O Bruno foi conscientemente planeado, tendo em conta a vontade que nós tínhamos de ter um filho, até apetece dizer que a gravidez da Marinha foi, no fundo, uma ação inconsciente que acabou por nos levar a obter o que desejávamos.
No entanto, a partir do momento que soubemos que a Marinha estava mesmo grávida, o Bruno passou a ser o Desejado, e foi Bruno logo desde o início, se não fosse Bruno, teria sido Rita, mas nós tínhamos a certeza de que seria um rapaz.
Os meses que decorreram até ao nascimento do Bruno foram caracterizados por uma angústia latente. No princípio, quando ainda não tínhamos a certeza se havia ou não gravidez, não soubemos ou não quisemos interpretar os sinais. A Marinha queixava-se de dores lombares, toca a fazer uma radiografia da coluna; a Marinha dizia que tinha dores de estômago, azia e náuseas (tudo fruto da gravidez) toca a fazer uma radiografia do estômago e duodeno. O raio X terá afetado o desenvolvimento do bebé? Esta era a pergunta que nós não fazíamos em voz alta, mas que estava sempre presente.
Tudo sucedeu tão depressa que a adaptação é difícil. Sempre habituado a ser filho, de repente vou ser promovido a pai. Não sei se me percebem. Não é parecido com nada que tenhamos feito antes. É uma pessoa, um ser humano, que fala, que come, que corre, que pensa. É um conjunto de células vivas, de tecidos, de órgãos, devidamente estruturados, organizados em forma de ser humano. E és tu que o transportas. És tu que o trazes acondicionado, isolado das águas sujas e do ar negro do mundo, escondido dos monstros uivantes e dos bichos tentaculares. Não podia encontrar melhor refúgio, o pimpolho…
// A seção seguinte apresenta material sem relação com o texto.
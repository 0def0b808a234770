//! Whether two configurations are the same.

ghost use Rattle.std.specs.Prelude.{◌≡◌, true, IfOk, map};
ghost use Rattle.std.specs.Option.{option_copied};
ghost use Rattle.pf_dump.specs.Contents.{tables_named, tables_of, content_at, IsSame};

use crate::Made;
use crate::same_rules::{same_interfaces, same_items};
use pf_config::{Config, Table};
use pf_rules::{Name, TableEntry};
use std::alloc::{AllocError, Global};

/// Whether two lists have the same entries in one order.
fn same_entries(a: &[TableEntry], b: &[TableEntry]) -> bool
    ensures same { result ≡ true → a.now ≡ b.now }
    ensures back { a.now ≡ b.now → result ≡ true }
{
    let mut left = a;
    let mut right = b;
    while let [x, xs @ ..] = left {
        let [y, ys @ ..] = right else {
            return false;
        };
        if *x != *y {
            return false;
        }
        left = xs;
        right = ys;
    }
    right.is_empty()
}

/// Whether two tables have the same flags and entries.
fn same_table(alloc: Global, a: &Table, b: &Table) -> Made<bool>
    ensures same { IfOk result (λ s. s ≡ true → a.now ≡ b.now) }
    ensures back { IfOk result (λ s. a.now ≡ b.now → s ≡ true) }
{
    if a.persist() != b.persist() || a.is_const() != b.is_const() {
        return Ok(false);
    }
    let own = a.gathered(alloc)?;
    let others = b.gathered(alloc)?;
    Ok(same_entries(&own, &others))
}

/// The same where there may be none.
fn same_table_if(alloc: Global, a: Option<&Table>, b: Option<&Table>) -> Made<bool>
    ensures same { IfOk result (λ s. s ≡ true → option_copied a.entry ≡ option_copied b.entry) }
    ensures back { IfOk result (λ s. option_copied a.entry ≡ option_copied b.entry → s ≡ true) }
{
    match (a, b) {
        (None, None) => Ok(true),
        (Some(a), Some(b)) => same_table(alloc, a, b),
        _ => Ok(false),
    }
}

/// Whether two lists of strings are the same.
fn same_texts(a: &[&str], b: &[&str]) -> bool
    ensures same { result ≡ true → map (λ x. x.now) a.now ≡ map (λ x. x.now) b.now }
    ensures back { map (λ x. x.now) a.now ≡ map (λ x. x.now) b.now → result ≡ true }
{
    a == b
}

/// Whether the tables of these names are the same at a path.
fn same_named(alloc: Global, a: &Config, b: &Config, path: &[Name], names: &[&str]) -> Made<bool>
    ensures same { IfOk result (λ s. s ≡ true → tables_named a.now path.now (map (λ x. x.now) names.now)
        ≡ tables_named b.now path.now (map (λ x. x.now) names.now)) }
    ensures back { IfOk result (λ s. tables_named a.now path.now (map (λ x. x.now) names.now)
        ≡ tables_named b.now path.now (map (λ x. x.now) names.now) → s ≡ true) }
{
    for name in names {
        if !same_table_if(alloc, a.table(path, name), b.table(path, name))? {
            return Ok(false);
        }
    }
    Ok(true)
}

/// Whether the same tables are at a path.
#[tactic(auto, using(crate::proofs::Contents::names_same))]
fn same_tables(alloc: Global, a: &Config, b: &Config, path: &[Name]) -> Made<bool>
    ensures same { IfOk result (λ s. s ≡ true → tables_of a.now path.now ≡ tables_of b.now path.now) }
    ensures back { IfOk result (λ s. tables_of a.now path.now ≡ tables_of b.now path.now → s ≡ true) }
{
    let names = a.table_names(path)?;
    let others = b.table_names(path)?;
    if !same_texts(&names, &others) {
        return Ok(false);
    }
    same_named(alloc, a, b, path, &names)
}

/// Whether two lists of paths are the same.
fn same_paths(a: &[&[Name]], b: &[&[Name]]) -> bool
    ensures same { result ≡ true → map (λ x. x.now) a.now ≡ map (λ x. x.now) b.now }
    ensures back { map (λ x. x.now) a.now ≡ map (λ x. x.now) b.now → result ≡ true }
{
    a == b
}

/// Whether the same is at each of these paths.
fn same_at_all(alloc: Global, a: &Config, b: &Config, paths: &[&[Name]]) -> Made<bool>
    ensures same { IfOk result (λ s. s ≡ true → map (content_at a.now) (map (λ x. x.now) paths.now)
        ≡ map (content_at b.now) (map (λ x. x.now) paths.now)) }
    ensures back { IfOk result (λ s. map (content_at a.now) (map (λ x. x.now) paths.now)
        ≡ map (content_at b.now) (map (λ x. x.now) paths.now) → s ≡ true) }
{
    for path in paths {
        if !same_items(a.items(path), b.items(path)) || !same_tables(alloc, a, b, path)? {
            return Ok(false);
        }
    }
    Ok(true)
}

/// Whether two configurations skip the same interfaces, and have the same rules and tables at the same paths.
#[tactic(auto, using(crate::proofs::Contents::paths_same))]
pub fn is_same(alloc: Global, a: &Config, b: &Config) -> Result<bool, AllocError>
    ensures same { IfOk result (λ s. s ≡ true → IsSame a.now b.now) }
    ensures back { IfOk result (λ s. IsSame a.now b.now → s ≡ true) }
{
    if !same_interfaces(a.skip(), b.skip()) {
        return Ok(false);
    }
    let paths = a.paths()?;
    let others = b.paths()?;
    if !same_paths(&paths, &others) {
        return Ok(false);
    }
    same_at_all(alloc, a, b, &paths)
}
E depois vem a parte pior, a parte em que o futuro pai, com a mania que é detentor da verdade, pensa já na maneira de moldar o filho à sua imagem e semelhança:
E já pensamos nas respostas às suas perguntas curiosas, e nos divertimentos essencialmente culturais que lhe vamos proporcionar: vamos dar-lhe a conhecer os grandes compositores, os grandes pintores, os grandes escritores, os grandes arquitetos, enfim dar-lhe cultura geral. Vamos tentar afastá-lo da televisão e de tudo que aliena as crianças, Mas tudo isso sem ser à força, com palavras corretas e gestos amigos.
Desculpa lá, Bruno, mas o teu pai era um tonto, um pateta que pensava que o intelecto salvava o mundo, um chato que começava a renegar o prazer que lhe dava o rock and roll e se enfronhava, cada vez mais, no trabalho. Estou destacado em Mirandela e a angústia apodera-se de mim, residimos em Guimarães e eu só venho a casa de 8 em 8 dias.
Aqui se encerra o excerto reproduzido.